On April 14, 2003, the biological community celebrated the achievement of the Human Genome Project's major goal: the complete, accurate, and high-quality sequencing of the human genome (International Human Genome Sequencing Consortium 2001; Schmutz et al. 2004). The attainment of this goal, which many have compared to landing a person on the moon, has had a profound effect on how biological and biomedical research is conducted and will undoubtedly continue to have a profound effect on its direction in the future. The availability of not just human genome data, but also human sequence variation data, model organism sequence data, and information on gene structure and function provides fertile ground for biologists to better design and interpret their experiments in the laboratory, fulfilling the promise of bioinformatics in advancing and accelerating biological discovery.

One of the most important databases available to biologists is GenBank, the annotated collection of all publicly available DNA and protein sequences (Benson et al. 2017; see Chapter 1). This database, maintained by the National Center for Biotechnology Information (NCBI) at the National Institutes of Health (NIH), represents a collaborative effort between NCBI, the European Molecular Biology Laboratory (EMBL), and the DNA Data Bank of Japan (DDBJ). At the time of this writing, GenBank contained over 200 million sequences and over 300 trillion nucleotide bases. The completion of human genome sequencing and the sequencing of an ever-expanding number of model organism genomes, as well as the existence of a gargantuan number of sequences in general, provides a golden opportunity for biological scientists, owing to the inherent value of these data. However, at the same time, the sheer magnitude of data presents a conundrum to the inexperienced user, resulting not just from the size of the “sequence information space” but from the fact that the information space continues to get larger and larger – by leaps and bounds – at a pace that will continue to accelerate, even though human genome sequencing has long been “completed.”

The effect of the Human Genome Project and other systematic sequencing projects on the continued accumulation of sequence data is illustrated by the growth of GenBank, as shown in Figure 2.1; the exponential growth rate illustrated in the figure is expected to continue for some time to come. The continued expansion of not just the sequence space but of the myriad biological data now available because of the expansion of the sequence space underscores the necessity for all biologists to learn how to effectively navigate this information for effective use in their work – even allowing investigators to avoid performing expensive experiments themselves based on the data found within these virtual treasure troves.

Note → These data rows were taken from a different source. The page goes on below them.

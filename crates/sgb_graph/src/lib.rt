//! Graphs as GB_GRAPH keeps them: vertices with lists of arc records, utility fields and an id.
#![tactic(auto)]

// The values of one utility field, by its kind.
mod columns;
// Vertices, arc records and their fields, as readers see them.
mod fields;
// Random numbers.
mod flips;
// A graph: how it is read, and how it grows.
mod graphs;
// The id of a graph.
mod ids;
// The number of an arc record, or none, in one word.
mod kept_numbers;
// What holds of all graphs and of all random numbers.
mod laws;
// Where arc records lead, as they are kept.
mod leads;
// The names of the vertices of a new graph.
mod names;
// The parts of a graph that a file brings.
mod parts;
// Whether vertices and arc records that are named are there.
mod ranges;
// The arc records, as they are kept.
mod records;
// Values put where there is room.
mod room;
// The vertices, as they are kept.
mod vertices;

pub use fields::{ArcRec, ArcRef, Kind, Link, Ref, Util, UtilRef, Vertex, VertexRef};
pub use flips::Flip;
pub use graphs::{Arcs, Graph};
pub use ids::{Id, IdWriter, compound_id, double_compound_id};
pub use laws::{
    arcs_law, described_law, edges_law, events_law, id_texts_law, lists_law, new_arc_law,
    new_edge_law, parts_law, random_numbers_law, uniform_draw_law,
};
pub use names::Names;
pub use parts::Parts;
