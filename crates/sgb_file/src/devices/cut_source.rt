//! A source that gives few bytes at once and fails after so many, for tests of what reads it.
ghost use Rattle.std.specs.Prelude.{◌≡◌, ◌<◌, ◌++◌, ◌-◌, ◌==◌, ◌||◌, true, false, Some, IfOk, OnErr, length, min, take, drop, is_err};
ghost use Rattle.std.specs.Io.{ReadsAtMost};
ghost use Rattle.std.specs.Io.KnownBytes.{ReadConsumes};

use super::single_calls::{copy_prefix, give_up};
use super::{Failed, Source};
use std::marker::Model;

/// The bytes of a slice, at most so many a call, until so many were given: the next call fails.
#[derive(Drop)]
pub struct CutSource<'a> {
    bytes: &'a [u8],
    each: usize,
    left: usize,
    failed: bool,
}

impl<'a> Model for CutSource<'a> {
    ghost use Rattle.std.specs.Prelude.{◌<◌};
    ghost use Rattle.sgb_file.specs.Devices.{CutSourceState};

    ghost Value = { CutSourceState };

    ghost view = { λ source. record {
      bytes = source.bytes.now;
      each = source.each;
      left = source.left;
      failed = source.failed;
    } };

    ghost invariant = { λ source. 0 < source.each };
}

impl<'a> CutSource<'a> {
    /// A source that gives these bytes, at most `each` (1 or more) a call, and fails at the first call after
    /// `limit` bytes were given, also where no byte is left.
    pub fn new(bytes: &'a [u8], each: usize, limit: usize) -> CutSource<'a>
        requires { 0 < each }
        ensures bytes { result.bytes ≡ bytes.now }
        ensures each { result.each ≡ each }
        ensures limit { result.left ≡ limit }
        ensures sound { result.failed ≡ false }
    {
        CutSource {
            bytes,
            each,
            left: limit,
            failed: false,
        }
    }
}

impl<'a> Source for CutSource<'a> {
    ghost remaining = { λ source. Some source.bytes };

    ghost has_failed = { λ source. source.failed };

    /// Gives the next bytes. `Failed` where the source had failed or has given its limit.
    fn take(&mut self, buffer: &mut [u8]) -> Result<usize, Failed>
        ensures bound { ReadsAtMost result buffer.new }
        ensures gave { ReadConsumes (Some self.old.bytes) (Some self.new.bytes) result buffer.new }
        ensures failed { self.new.failed ≡ is_err result }
        ensures stays_failed { self.old.failed ≡ true → self.new.failed ≡ true }
        ensures fails { is_err result ≡ (self.old.failed || self.old.left == 0) }
        ensures count { IfOk result (λ count. count ≡ min (min (min self.old.each self.old.left)
            (length self.old.bytes)) (length buffer.old)) }
        ensures copied { IfOk result (λ count. buffer.new ≡ take count self.old.bytes
            ++ drop count buffer.old) }
        ensures rest { IfOk result (λ count. self.new ≡ record self.old {
          bytes = drop count self.old.bytes;
          left = self.old.left - count;
        }) }
        ensures refused { OnErr result (self.new ≡ record self.old { failed = true }) }
        ensures untouched { OnErr result (buffer.new ≡ buffer.old) }
    {
        if self.failed || self.left == 0 {
            return give_up(&mut self.failed);
        }
        let bytes = self.bytes;
        let most = self.each.min(self.left).min(bytes.len());
        let count = copy_prefix(&bytes[..most], buffer);
        self.bytes = &bytes[count..];
        self.left -= count;
        Ok(count)
    }

    /// Whether a call came after the limit.
    fn failed(&self) -> bool
        ensures { result ≡ self.now.failed }
    {
        self.failed
    }
}
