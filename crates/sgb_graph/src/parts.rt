ghost use Rattle.std.specs.Prelude.{◌≡◌, ◌≤◌, ◌^◌, [], false, Err, OnOk, OnErr, IfOk, IsOkUnless, ◌&&◌, nat_le, length};
ghost use Rattle.sgb_graph.specs.Growth.{graph_data};
ghost use Rattle.sgb_vec.specs.Results.{IsValue};
ghost use Rattle.sgb_graph.specs.Parts.{checked, vertex_with_ints, with_record, with_vertex};
ghost use Rattle.sgb_vec.specs.Limits.{most_vertices};
ghost use Rattle.sgb_graph.specs.Sound.{IsGraph, fields_fit};

// Whether vertices and records fit kinds and numbers.
mod fitting;
// Parts that are kept as a graph keeps them.
mod kept;
// Walks along the chains of records.
mod walks;

use crate::fields::{ArcRec, Kind, Util, Vertex};
use crate::graphs::Graph;
use crate::ids::Id;
use kept::KeptParts;
use sgb_vec::{Panic, Text};
use std::alloc::Global;
use std::marker::Model;

/// The parts of a graph, as a file brings them (GB_SAVE, restore_graph): nothing says yet that they make up one.
/// Contracts see them as the data of a graph.
// Vertices are kept as a graph keeps them up to the first that can stand in no graph of these kinds. That one and all
// later ones stand beside, as they came: such parts make up no graph. So it is with records.
pub struct Parts {
    kept: KeptParts,
    more_vertices: Vec<Vertex>,
    more_records: Vec<ArcRec>,
}

// One function drops them, as it does a graph.
impl Drop for Parts {
    fn drop(self) {
        let Parts {
            kept: _,
            more_vertices: _,
            more_records: _,
        } = self;
    }
}

impl Model for Parts {
    ghost use Rattle.std.specs.Prelude.{IsTrue};
    ghost use Rattle.sgb_graph.specs.Graphs.{GraphData};
    ghost use Rattle.sgb_graph.specs.inner.Fitting.{first_fails, record_may_fit, vertex_may_fit, with_more};

    ghost Value = { GraphData };

    ghost view = { λ p. with_more p.more_vertices.items p.more_records.items p.kept };

    ghost invariant = { λ p.
        IsTrue (first_fails (vertex_may_fit p.kept.kinds) p.more_vertices.items)
        × IsTrue (first_fails (record_may_fit p.kept.kinds) p.more_records.items) };
}

impl Parts {
    /// The parts of a graph with this id, this number of arcs (10^18 at most), these kinds and these utility fields of
    /// its own, and no vertices and records yet. The kinds are those of the fields u v w x y z of vertices, a b of arcs,
    /// uu vv ww xx yy zz of the graph (GB_SAVE, restore_graph). It takes no memory.
    pub fn new(alloc: Global, id: Id, m: u64, kinds: [Kind; 14], util: [Util; 6]) -> Parts
        requires { m ≤ 10 ^ 18 }
        ensures { result ≡ graph_data id m kinds util [] [] }
    {
        Parts {
            kept: KeptParts::new(alloc, id, m, kinds, util),
            more_vertices: Vec::new(alloc),
            more_records: Vec::new(alloc),
        }
    }

    /// Puts a vertex after the others (GB_SAVE, restore_graph).
    ///
    /// `NoRoom` when out of memory, and nothing else; the parts are then as they were, and the vertex is dropped.
    pub fn add_vertex(&mut self, vertex: Vertex) -> Result<(), Panic>
        ensures ok { OnOk result (self.new ≡ with_vertex vertex self.old) }
        ensures err { OnErr result (self.new ≡ self.old) }
        ensures memory { IsOkUnless result Panic.NoRoom }
    {
        if self.more_vertices.is_empty() && self.kept.takes_vertex(&vertex) {
            self.kept.push_vertex(vertex)?;
            return Ok(());
        }
        self.more_vertices.push(vertex)?;
        Ok(())
    }

    /// Puts a vertex after the others that holds integers in the utility fields x, y, z and nothing in u, v, w (GB_SAVE,
    /// restore_graph). It is `add_vertex` of such a vertex.
    ///
    /// `NoRoom` when out of memory, and nothing else; the parts are then as they were, and the name is dropped.
    // Where all vertices are such, nothing but the vertex itself is written, once.
    #[inline(always)]
    pub fn add_vertex_with_ints(
        &mut self,
        name: Text,
        arcs: Option<usize>,
        x: i64,
        y: i64,
        z: i64,
    ) -> Result<(), Panic>
        ensures ok { OnOk result (self.new
            ≡ with_vertex (vertex_with_ints name arcs x y z) self.old) }
        ensures err { OnErr result (self.new ≡ self.old) }
        ensures memory { IsOkUnless result Panic.NoRoom }
    {
        if self.more_vertices.is_empty() && self.kept.takes_ints(arcs) {
            self.kept.push_ints(name, arcs, x, y, z)?;
            return Ok(());
        }
        self.add_vertex(Vertex::with_ints(name, arcs, x, y, z))
    }

    /// Puts an arc record after the others (GB_SAVE, restore_graph).
    ///
    /// `NoRoom` when out of memory, and nothing else; the parts are then as they were, and the record is dropped.
    #[inline(always)]
    pub fn add_arc(&mut self, arc: ArcRec) -> Result<(), Panic>
        ensures ok { OnOk result (self.new ≡ with_record arc self.old) }
        ensures err { OnErr result (self.new ≡ self.old) }
        ensures memory { IsOkUnless result Panic.NoRoom }
    {
        if self.more_records.is_empty() && self.kept.takes_record(&arc) {
            self.kept.push_record(arc)?;
            return Ok(());
        }
        self.more_records.push(arc)?;
        Ok(())
    }

    /// The graph that the parts make up, which has just these parts (GB_SAVE, restore_graph). It takes time and memory in
    /// proportion to their number.
    ///
    /// `Syntax` where they make up none: above 1,000,000,000 vertices; a utility field that is not of its kind; the
    /// number of a vertex or of a record that is not there; a chain of records that does not end, on a list or not; an
    /// arc on a vertex's list that leads to no vertex. `NoRoom` when out of memory, and never where the first three are so.
    /// The parts are gone after a refusal too.
    pub fn check(self) -> Result<Graph, Panic>
        ensures value { IsValue (checked self) result }
        ensures graph { IfOk result IsGraph }
        ensures unfit { (nat_le (length self.vertices) most_vertices && fields_fit self) ≡ false
            → result ≡ Err Panic.Syntax }
    {
        if !self.kept.are_all(&self.more_vertices, &self.more_records) {
            return Err(Panic::Syntax);
        }
        let Parts {
            kept,
            more_vertices: _,
            more_records: _,
        } = self;
        kept.check()
    }
}
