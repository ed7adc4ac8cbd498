//! A source and a sink over memory.
ghost use Rattle.std.specs.Prelude.{◌≡◌, ◌+◌, ◌<◌, ◌++◌, [], true, false, Some, Ok, IsOk, IfOk, OnOk, OnErr, length, min, take, drop, is_err};
ghost use Rattle.std.specs.Io.{ReadsAtMost, WritesAtMost};
ghost use Rattle.std.specs.Io.KnownBytes.{ReadConsumes, WriteAppends, Keeps};
ghost use Rattle.sgb_file.specs.Devices.{nothing_held};

use super::single_calls::{copy_prefix, give_up};
use super::{Failed, Sink, Source};
use std::alloc::Global;
use std::marker::Model;

/// The bytes of a slice, as a source that never fails.
#[derive(Drop)]
pub struct MemSource<'a> {
    bytes: &'a [u8],
}

impl<'a> Model for MemSource<'a> {
    ghost use Rattle.std.specs.Prelude.{List, ℕ};

    ghost Value = { List ℕ };

    ghost view = { λ source. source.bytes.now };
}

impl<'a> MemSource<'a> {
    /// A source that gives these bytes, and then is at its end.
    pub fn new(bytes: &'a [u8]) -> MemSource<'a>
        ensures { result ≡ bytes.now }
    {
        MemSource { bytes }
    }
}

impl<'a> Source for MemSource<'a> {
    ghost remaining = { λ source. Some source };

    ghost has_failed = { λ _. false };

    /// Fills the buffer as far as the bytes go. It never fails.
    fn take(&mut self, buffer: &mut [u8]) -> Result<usize, Failed>
        ensures bound { ReadsAtMost result buffer.new }
        ensures gave { ReadConsumes (Some self.old) (Some self.new) result buffer.new }
        ensures failed { false ≡ is_err result }
        ensures stays_failed { false ≡ true → false ≡ true }
        ensures count { result ≡ Ok (min (length self.old) (length buffer.old)) }
        ensures copied { IfOk result (λ count. buffer.new ≡ take count self.old
            ++ drop count buffer.old) }
        ensures rest { IfOk result (λ count. self.new ≡ drop count self.old) }
    {
        let bytes = self.bytes;
        let count = copy_prefix(bytes, buffer);
        self.bytes = &bytes[count..];
        Ok(count)
    }

    /// False.
    fn failed(&self) -> bool
        ensures { result ≡ false }
    {
        false
    }
}

/// A sink that keeps all that it is given, and fails when out of memory.
#[derive(Drop)]
pub struct MemSink {
    bytes: Vec<u8>,
    failed: bool,
}

impl Model for MemSink {
    ghost use Rattle.std.specs.Vec.{vec_capacity};
    ghost use Rattle.sgb_file.specs.Devices.{MemSinkState};

    ghost Value = { MemSinkState };

    ghost view = { λ sink. record {
      bytes = sink.bytes.items;
      room = vec_capacity sink.bytes;
      failed = sink.failed;
    } };
}

impl MemSink {
    /// A sink that holds nothing yet. It takes no memory; each `put` does.
    pub fn new(alloc: Global) -> MemSink
        ensures empty { result.bytes ≡ [] }
        ensures sound { result.failed ≡ false }
    {
        MemSink {
            bytes: Vec::new(alloc),
            failed: false,
        }
    }

    /// The bytes that the sink holds.
    pub fn bytes(&self) -> &[u8]
        ensures { result.now ≡ self.now.bytes }
    {
        self.bytes.as_slice()
    }
}

impl Sink for MemSink {
    ghost written = { λ sink. Some sink.bytes };

    ghost held = { λ _. nothing_held };

    ghost has_failed = { λ sink. sink.failed };

    /// Takes all of the bytes. `Failed` where the sink had failed or when out of memory: nothing was taken then.
    fn put(&mut self, bytes: &[u8]) -> Result<usize, Failed>
        ensures bound { WritesAtMost result bytes.now }
        ensures progress { IfOk result (λ count. 0 < length bytes.now → 0 < count) }
        ensures took { WriteAppends (Some self.old.bytes) (Some self.new.bytes) result bytes.now }
        ensures failed { self.new.failed ≡ is_err result }
        ensures stays_failed { self.old.failed ≡ true → self.new.failed ≡ true }
        ensures all_taken { IfOk result (λ count. count ≡ length bytes.now) }
        ensures held { OnOk result (self.new.bytes ≡ self.old.bytes ++ bytes.now) }
        ensures kept { OnErr result (self.new.bytes ≡ self.old.bytes) }
        ensures refused { OnErr result
            (self.old.failed ≡ false → self.old.room < length self.old.bytes + length bytes.now) }
        ensures takes_none { self.old.failed ≡ false → length bytes.now ≡ 0 → IsOk result }
    {
        if self.failed {
            return Err(Failed);
        }
        match self.bytes.extend_from_slice(bytes) {
            Ok(()) => Ok(bytes.len()),
            Err(_) => give_up(&mut self.failed),
        }
    }

    /// Changes nothing. `Failed` where the sink had failed.
    fn flush(&mut self) -> Result<(), Failed>
        ensures kept { Keeps (Some self.old.bytes) (Some self.new.bytes) }
        ensures passed_on { OnOk result (nothing_held ≡ []) }
        ensures failed { self.new.failed ≡ is_err result }
        ensures stays_failed { self.old.failed ≡ true → self.new.failed ≡ true }
        ensures same { self.new ≡ self.old }
    {
        if self.failed { Err(Failed) } else { Ok(()) }
    }

    /// Whether a `put` was out of memory.
    fn failed(&self) -> bool
        ensures { result ≡ self.now.failed }
    {
        self.failed
    }
}
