//! A sink that takes few bytes at once and fails after so many, for tests of what writes to it.
ghost use Rattle.std.specs.Prelude.{◌≡◌, ◌<◌, ◌++◌, ◌-◌, ◌==◌, ◌||◌, [], true, false, Some, IfOk, OnOk, OnErr, length, min, take, is_err};
ghost use Rattle.std.specs.Io.{WritesAtMost};
ghost use Rattle.std.specs.Io.KnownBytes.{WriteAppends, Keeps};
ghost use Rattle.sgb_file.specs.Devices.{nothing_held};

use super::single_calls::give_up;
use super::{Failed, Sink};
use arrayvec::ArrayVec;
use std::marker::Model;

/// A sink for at most `N` bytes that takes no memory: at most so many a call, until so many were taken or it is
/// full. The next call fails.
#[derive(Drop)]
pub struct CutSink<const N: usize> {
    taken: ArrayVec<u8, N>,
    each: usize,
    left: usize,
    flush_fails: bool,
    failed: bool,
}

impl<const N: usize> Model for CutSink<N> {
    ghost use Rattle.std.specs.Prelude.{◌<◌};
    ghost use Rattle.sgb_file.specs.Devices.{CutSinkState};

    ghost Value = { CutSinkState };

    ghost view = { λ sink. record {
      taken = sink.taken.items;
      each = sink.each;
      left = sink.left;
      flush_fails = sink.flush_fails;
      failed = sink.failed;
    } };

    ghost invariant = { λ sink. 0 < sink.each };
}

impl<const N: usize> CutSink<N> {
    /// An empty sink that takes at most `each` bytes (1 or more) a call, fails at the first `put` after `limit`
    /// or `N` bytes were taken, and fails at `flush` where `flush_fails`.
    pub fn new(each: usize, limit: usize, flush_fails: bool) -> CutSink<N>
        requires { 0 < each }
        ensures empty { result.taken ≡ [] }
        ensures each { result.each ≡ each }
        ensures limit { result.left ≡ limit }
        ensures flush { result.flush_fails ≡ flush_fails }
        ensures sound { result.failed ≡ false }
    {
        CutSink {
            taken: ArrayVec::new(),
            each,
            left: limit,
            flush_fails,
            failed: false,
        }
    }

    /// The bytes that the sink took.
    pub fn bytes(&self) -> &[u8]
        ensures { result.now ≡ self.now.taken }
    {
        self.taken.as_slice()
    }
}

impl<const N: usize> Sink for CutSink<N> {
    ghost written = { λ sink. Some sink.taken };

    ghost held = { λ _. nothing_held };

    ghost has_failed = { λ sink. sink.failed };

    /// Takes a prefix of `bytes`. `Failed` where the sink had failed, has taken its limit or is full.
    fn put(&mut self, bytes: &[u8]) -> Result<usize, Failed>
        ensures bound { WritesAtMost result bytes.now }
        ensures progress { IfOk result (λ count. 0 < length bytes.now → 0 < count) }
        ensures took { WriteAppends (Some self.old.taken) (Some self.new.taken) result bytes.now }
        ensures failed { self.new.failed ≡ is_err result }
        ensures stays_failed { self.old.failed ≡ true → self.new.failed ≡ true }
        ensures fails { is_err result
            ≡ (self.old.failed || (self.old.left == 0 || length self.old.taken == N)) }
        ensures count { IfOk result (λ count. count ≡ min (min (min self.old.each self.old.left)
            (N - length self.old.taken)) (length bytes.now)) }
        ensures held { IfOk result (λ count. self.new ≡ record self.old {
          taken = self.old.taken ++ take count bytes.now;
          left = self.old.left - count;
        }) }
        ensures refused { OnErr result (self.new ≡ record self.old { failed = true }) }
    {
        if self.failed || self.left == 0 || self.taken.is_full() {
            return give_up(&mut self.failed);
        }
        let room = self.taken.remaining_capacity();
        let count = self.each.min(self.left).min(room).min(bytes.len());
        // Never refused, as count is at most the room.
        let _ = self.taken.try_extend_from_slice(&bytes[..count]);
        self.left -= count;
        Ok(count)
    }

    /// Holds nothing back. `Failed` where the sink had failed, or was made to fail here.
    fn flush(&mut self) -> Result<(), Failed>
        ensures kept { Keeps (Some self.old.taken) (Some self.new.taken) }
        ensures passed_on { OnOk result (nothing_held ≡ []) }
        ensures failed { self.new.failed ≡ is_err result }
        ensures stays_failed { self.old.failed ≡ true → self.new.failed ≡ true }
        ensures fails { is_err result ≡ (self.old.failed || self.old.flush_fails) }
        ensures same { self.new ≡ record self.old { failed = is_err result } }
    {
        if self.failed || self.flush_fails {
            return give_up(&mut self.failed);
        }
        Ok(())
    }

    /// Whether a `put` or a `flush` failed.
    fn failed(&self) -> bool
        ensures { result ≡ self.now.failed }
    {
        self.failed
    }
}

GenBank (or any other biological database, for that matter) serves little purpose unless the data can be easily searched and entries retrievable in a useful, meaningful format. Otherwise, sequencing efforts such as those described above have no useful end – without effective search and retrieval tools, the biological community as a whole cannot make use of the information hidden within these millions of bases and amino acids, much less the structures they form or the mutations they harbor. Much effort has gone into making such data accessible to the biologist, and a selection of the programs and interfaces resulting from these efforts are the focus of this chapter. The discussion will center on querying databases maintained by NCBI, as these more “general” repositories are far and away the ones most often accessed by biologists, but attention will also be given to specialized databases that provide information not necessarily found through the use of Entrez, NCBI's integrated information retrieval system.